Stored data:
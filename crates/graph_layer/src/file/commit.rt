//! The commits of a layer: the section "Commit Data" of Git's commit-graph format.

ghost use Rattle.std.specs.Prelude.{◌≡◌, ◌<◌, ◌^◌, ◌↔◌, length, slice_get, IsTrue, MatchResult};
ghost use Rattle.std.specs.Prelude.{Some, None};

use crate::file;
use crate::file::File;
use crate::file::compare::compare_ids;
pub use crate::file::parents::Parents;
use gix_hash_core::oid;
use graph_format::Position;
use graph_format::fault::CommitFault;
pub use graph_format::parents::{ExtraEdge, ParentEdge, ParentError};
use std::fmt;

/// A commit of a layer, as its record in the section "Commit Data" describes it.
///
/// Two commits are equal where their positions are, and the bytes of their files. The positions are
/// compared first. Where they are equal, the bytes are compared up to the first that differ, which
/// are all of them where both commits are of one file: equality is one of contents, and from equal
/// addresses no contract follows. Where the file is known to be the same, compare
/// [`position`](Commit::position).
#[derive(Clone, Copy)]
pub struct Commit<'a> {
    file: &'a File,
    pos: file::Position,
    ghost in_range: { pos.0 < length file.now.ids },
}

impl<'a> Commit<'a> {
    ghost use Rattle.gix_hash_core.specs.Oid.{oid_bytes};
    ghost use Rattle.graph_layer.specs.Commit.{commit_layer, commit_pos, commit_record};
    ghost use Rattle.graph_layer.specs.Commit.{commit_parents};
    ghost use Rattle.graph_format.specs.Parents.{edge_of, items_of, first_of};
    ghost use Rattle.graph_layer.specs.RemainingParents.{parents_left, parents_hint, first_hint};
    ghost use Rattle.graph_format.specs.Faults.{commit_fault, id_fault, tree_fault};
    ghost use Rattle.graph_format.specs.Faults.{is_out_of_order};

    pub(crate) fn new(file: &'a File, pos: file::Position) -> Commit<'a>
        requires { pos.0 < length file.now.ids }
        ensures layer { commit_layer result ≡ file.now }
        ensures pos { commit_pos result ≡ pos.0 }
    {
        Commit { file, pos }
    }

    /// The commit's id. It is lent from the file, and outlives the `Commit`.
    pub fn id(&self) -> oid<'a>
        ensures { slice_get (commit_layer self.now).ids (commit_pos self.now)
            ≡ Some (oid_bytes result) }
    {
        self.file.id_at(self.pos)
    }

    /// The id of the commit's root tree. It is lent from the file, and outlives the `Commit`.
    pub fn root_tree_id(&self) -> oid<'a>
        ensures { oid_bytes result ≡ (commit_record self.now).tree }
    {
        self.file.root_tree_at(self.pos)
    }

    /// The commit's position in its layer.
    pub fn position(&self) -> file::Position
        ensures value { result.0 ≡ commit_pos self.now }
        ensures in_layer { result.0 < length (commit_layer self.now).ids }
    {
        self.pos
    }

    /// The commit's generation number (its topological level), at most 1073741823.
    #[tactic(auto, using(graph_format::proofs::DecodedRecordLemmas::field_laws))]
    pub fn generation(&self) -> u32
        ensures { result ≡ (commit_record self.now).generation }
    {
        self.file.generations()[self.pos.0 as usize]
    }

    /// When the commit was made: the committer's time, in seconds since 1970-01-01 00:00:00 UTC, at
    /// most 17179869183.
    #[tactic(auto, using(graph_format::proofs::DecodedRecordLemmas::field_laws))]
    pub fn committer_timestamp(&self) -> u64
        ensures { result ≡ (commit_record self.now).time }
    {
        self.file.times()[self.pos.0 as usize]
    }

    /// The first parent, or `None` where the commit has none: the first item of `iter_parents`. An
    /// error is `SecondWithoutFirst` or `FirstIsEdgeIndex`.
    pub fn parent1(&self) -> Result<Option<Position>, ParentError>
        ensures { result ≡ first_of (items_of (commit_parents self.now)) }
    {
        self.iter_parents().next().transpose()
    }

    /// The parents in order, and after them the error that ends their decoding, if there is one.
    pub fn iter_parents(self) -> Parents<'a>
        ensures items { parents_left result ≡ items_of (commit_parents self.entry) }
        ensures hint { parents_hint result
            ≡ first_hint (edge_of (commit_record self.entry).parent1)
            (edge_of (commit_record self.entry).parent2) }
    {
        let (first, second) = self.parent_fields();
        Parents::new(self.file, first, second)
    }

    /// The first thing that is wrong with the commit's ids.
    pub(crate) fn fault(&self) -> Option<CommitFault>
        ensures { result ≡ commit_fault (commit_layer self.now) (commit_pos self.now) }
    {
        match self.id_fault() {
            Some(fault) => Some(fault),
            None => self.tree_fault(),
        }
    }

    /// The first thing that is wrong with the commit's own id.
    pub(crate) fn id_fault(&self) -> Option<CommitFault>
        ensures { result ≡ id_fault (commit_layer self.now) (commit_pos self.now) }
    {
        if self.id().is_null() {
            Some(CommitFault::NullId)
        } else if self.is_out_of_order() {
            Some(CommitFault::Order)
        } else {
            None
        }
    }

    /// What is wrong with the id of the commit's root tree.
    pub(crate) fn tree_fault(&self) -> Option<CommitFault>
        ensures { result ≡ tree_fault (commit_layer self.now) (commit_pos self.now) }
    {
        if self.root_tree_id().is_null() {
            Some(CommitFault::NullTree)
        } else {
            None
        }
    }

    /// Whether the id is not above the one before it in the layer, if there is one.
    fn is_out_of_order(&self) -> bool
        ensures { result ≡ is_out_of_order (commit_layer self.now) (commit_pos self.now) }
    {
        if self.pos.0 == 0 {
            return false;
        }
        let size = self.file.object_hash().len_in_bytes();
        let before = self.file.id_bytes_at(self.pos.0 - 1, size);
        let id = self.file.id_bytes_at(self.pos.0, size);
        compare_ids(before, id).is_ge()
    }

    /// The number of the commit's parents, repeats counted, or the error that ends their decoding.
    pub(crate) fn count_parents(&self) -> Result<u32, ParentError>
        requires { length (commit_parents self.now).positions < 2 ^ 32 }
        ensures { MatchResult result
            (λ count.
            (count ≡ length (commit_parents self.now).positions)
            × ((commit_parents self.now).fault ≡ None))
            (λ error. (commit_parents self.now).fault ≡ Some error) }
    {
        let mut count = 0;
        for parent in self.iter_parents() {
            parent?;
            count += 1;
        }
        Ok(count)
    }

    /// Both parent fields.
    #[tactic(auto, using(graph_format::proofs::DecodedRecordLemmas::field_laws))]
    pub(crate) fn parent_fields(&self) -> (u32, u32)
        ensures first { result.0 ≡ (commit_record self.now).parent1 }
        ensures second { result.1 ≡ (commit_record self.now).parent2 }
    {
        self.file.parent_fields()[self.pos.0 as usize]
    }
}

/// The ids in hexadecimal, and the other fields as numbers and as what the parent fields say.
impl<'a> fmt::Debug for Commit<'a> {
    fn fmt<W: fmt::Write>(&self, f: &mut fmt::Formatter<W>) -> fmt::Result {
        let (first, second) = self.parent_fields();
        write!(
            f,
            "Commit {{ id: {}, lex_pos: {}, generation: {}, root_tree_id: {}, parent1: {:?}, parent2: {:?} }}",
            self.id(),
            self.pos.0,
            self.generation(),
            self.root_tree_id(),
            ParentEdge::from_raw(first),
            ParentEdge::from_raw(second)
        )
    }
}

impl<'a> PartialEq for Commit<'a> {
    ghost use Rattle.std.proofs.Common.{rules};
    ghost use Rattle.std.specs.Cmp.Rules.{comparing};
    ghost use Rattle.graph_layer.specs.Commit.{commit_bytes, commit_pos, commit_eq};

    ghost eq = { commit_eq };

    ghost laws = { Prim.search (comparing, rules) };

    /// Whether the commits have equal positions, in files with equal bytes.
    fn eq(&self, other: &Commit<'a>) -> bool
        ensures value { result ≡ commit_eq self.now other.now }
        ensures same { IsTrue result
            ↔ ((commit_bytes self.now ≡ commit_bytes other.now)
            × (commit_pos self.now ≡ commit_pos other.now)) }
    {
        self.pos == other.pos && self.file.has_bytes_of(other.file)
    }
}

impl<'a> Eq for Commit<'a> {
    ghost use Rattle.std.proofs.Common.{rules};
    ghost use Rattle.std.specs.Cmp.Rules.{comparing};

    ghost laws = { Prim.search (comparing, rules) };
}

*ACTION ITEM*
Using the data above, transcribe the lines that run from the line with "self.iter_parents().next().transpose()" to the line with "with the id of the commit's root tree.", both ends kept, and output nothing else.

*EXERCISE RESULT*
        self.iter_parents().next().transpose()
    }

    /// The parents in order, and after them the error that ends their decoding, if there is one.
    pub fn iter_parents(self) -> Parents<'a>
        ensures items { parents_left result ≡ items_of (commit_parents self.entry) }
        ensures hint { parents_hint result
            ≡ first_hint (edge_of (commit_record self.entry).parent1)
            (edge_of (commit_record self.entry).parent2) }
    {
        let (first, second) = self.parent_fields();
        Parents::new(self.file, first, second)
    }

    /// The first thing that is wrong with the commit's ids.
    pub(crate) fn fault(&self) -> Option<CommitFault>
        ensures { result ≡ commit_fault (commit_layer self.now) (commit_pos self.now) }
    {
        match self.id_fault() {
            Some(fault) => Some(fault),
            None => self.tree_fault(),
        }
    }

    /// The first thing that is wrong with the commit's own id.
    pub(crate) fn id_fault(&self) -> Option<CommitFault>
        ensures { result ≡ id_fault (commit_layer self.now) (commit_pos self.now) }
    {
        if self.id().is_null() {
            Some(CommitFault::NullId)
        } else if self.is_out_of_order() {
            Some(CommitFault::Order)
        } else {
            None
        }
    }

    /// What is wrong with the id of the commit's root tree.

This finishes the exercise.